1

138 13 21
                                    

Lisa bavulları ve pasaportu ile havalimanına giriş yapmıştı. Birde cebinde ki birkaç bozukluklarla. Lisa;

"O şirketle asla anlaşma yapmamalıydım. Ah benim salak kafam! Keşke olabilecekleri daha önceden düşünebilseydim. Yoksa bunlar olmazdı."

Lisa olanları hatırladıkça sinirden yeri tekmelemeye başladı. Lisa;

"Of! O şirketle olan anlaşmamızda o parayı yatırmasaydım bu hâlde olmayacaktım. Muhtemelen güzel, görkemli malikemde seksi kadınlarla-"

Lisa kendi kendini azarladığı sırada pasaport görevlisi;

"Merhaba hanımefendi. Pasaportunuzu görebilir miyim?"

Lisa pasaportunu gösterdi. Adam pasaporta bir süre baktıktan sonra;

"Sizi biraz bekleteceğim."

Adam yanında duran telefondan;

"Bay Wilson. Acilen buraya gelmeniz gerekiyor. Bir sorun var."

Lisa;

"Ne sorunu? Pasaportum burada işte. Yoksa sahte mi olduğunu düşünüyorsunuz? Bakın! Tayland'ın resmi damgası var. Pasaportum sahte değil."

"Size pasaportunuzun sahte olduğunu söylemedim hanımefendi."

"Öyleyse sorun ne?"

Bu sırada adamın çağırdığı müdürleri Bay Wilson gelmişti. Bay Wilson;

"Pasaporta tekrar bakabilir miyim?"

"Buyrun."

Bay Wilson pasaporta bakarak;

"Bu büyük bir sorun. Taylandlısınız değil mi?"

"Evet."

"Benimle gelin."

Lisa neler olduğunu anlayamamıştı. Lisa;

"Beni neden odanıza götürüyorsunuz? Pasaportum da ne var?"
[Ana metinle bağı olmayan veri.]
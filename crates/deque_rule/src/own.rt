//! What a worker gives to its own deque.

ghost use Rattle.std.specs.Prelude.{◌≡◌, ◌<◌, ◌++◌, ◌∷◌, [], IfNone, IfSome};
ghost use Rattle.crossbeam_deque.specs.Handles.{worker_deque, worker_view};
ghost use Rattle.deque_rule.specs.Ledgers.{ledger};

use crate::ledger::PushStep;
use crate::steal_pass::Own;
use crate::task::Task;

/// Puts a task on the worker's own deque. Returns it if the deque refuses it.
pub fn give_back<T: Task>(own: &mut Own<T>, task: Box<T>) -> Option<Box<T>>
    requires some { 0 < (worker_view own.old).shares }
    ensures deque { worker_deque own.new ≡ worker_deque own.old }
    ensures none { IfNone result (worker_view own.new ≡ ledger (worker_view own.old).shares
        ((worker_view own.old).pushed ++ T.number_of task.value ∷ []) (worker_view own.old).taken) }
    ensures some { IfSome result (λ b. (b ≡ task) × (worker_view own.new ≡ worker_view own.old)) }
{
    match own.push_as::<PushStep>(task) {
        Ok(()) => None,
        Err(task) => Some(task),
    }
}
"Size her şeyi anlatacağım."

Lisa endişelenerek;

"Yoksa güzel ve seksi kadınları malikaneme çağırıp onlarla seks yaptığım için beni tutuklayacak mısınız?"

"Hayır."

Lisa bir sebep düşünmeye çalıştı. Lisa;

"Yoksa anlaşma yapıp iflas ettiğim şirket dolandırıcı mıydı?"

"Hayır."

"Yoksa çalışanlarımın maaşlarını bazen eksik verdiğim için mi?"

"Hayır."

"Yoksa sattığım ürünlerde %40 indirim var deyip %20 indirim yaptığım için mi?"

"Hayır."

"Yoksa-"

"Odama gittiğimizde size anlatacağım. Lütfen sadece bekleyin."

"İyi."

Odasına geldiklerinde Bay Wilson masasına, Lisa da karşı koltuğa oturdu. Lisa;

"Şimdi ne olduğunu söyleyeceksiniz değil mi?"

"Evet. Ama size ilk önce bir şey göstermem gerekiyor."

Bay Wilson bilgisayarını Lisa'ya doğru çevirerek;

"Ülkenize dönemezsiniz çünkü ülkenizde şu an bir savaş var."

"Yani?"

"Yani savaş olduğundan dolayı ülke dışarıdan hiçbir şey almıyor ve getirmiyor."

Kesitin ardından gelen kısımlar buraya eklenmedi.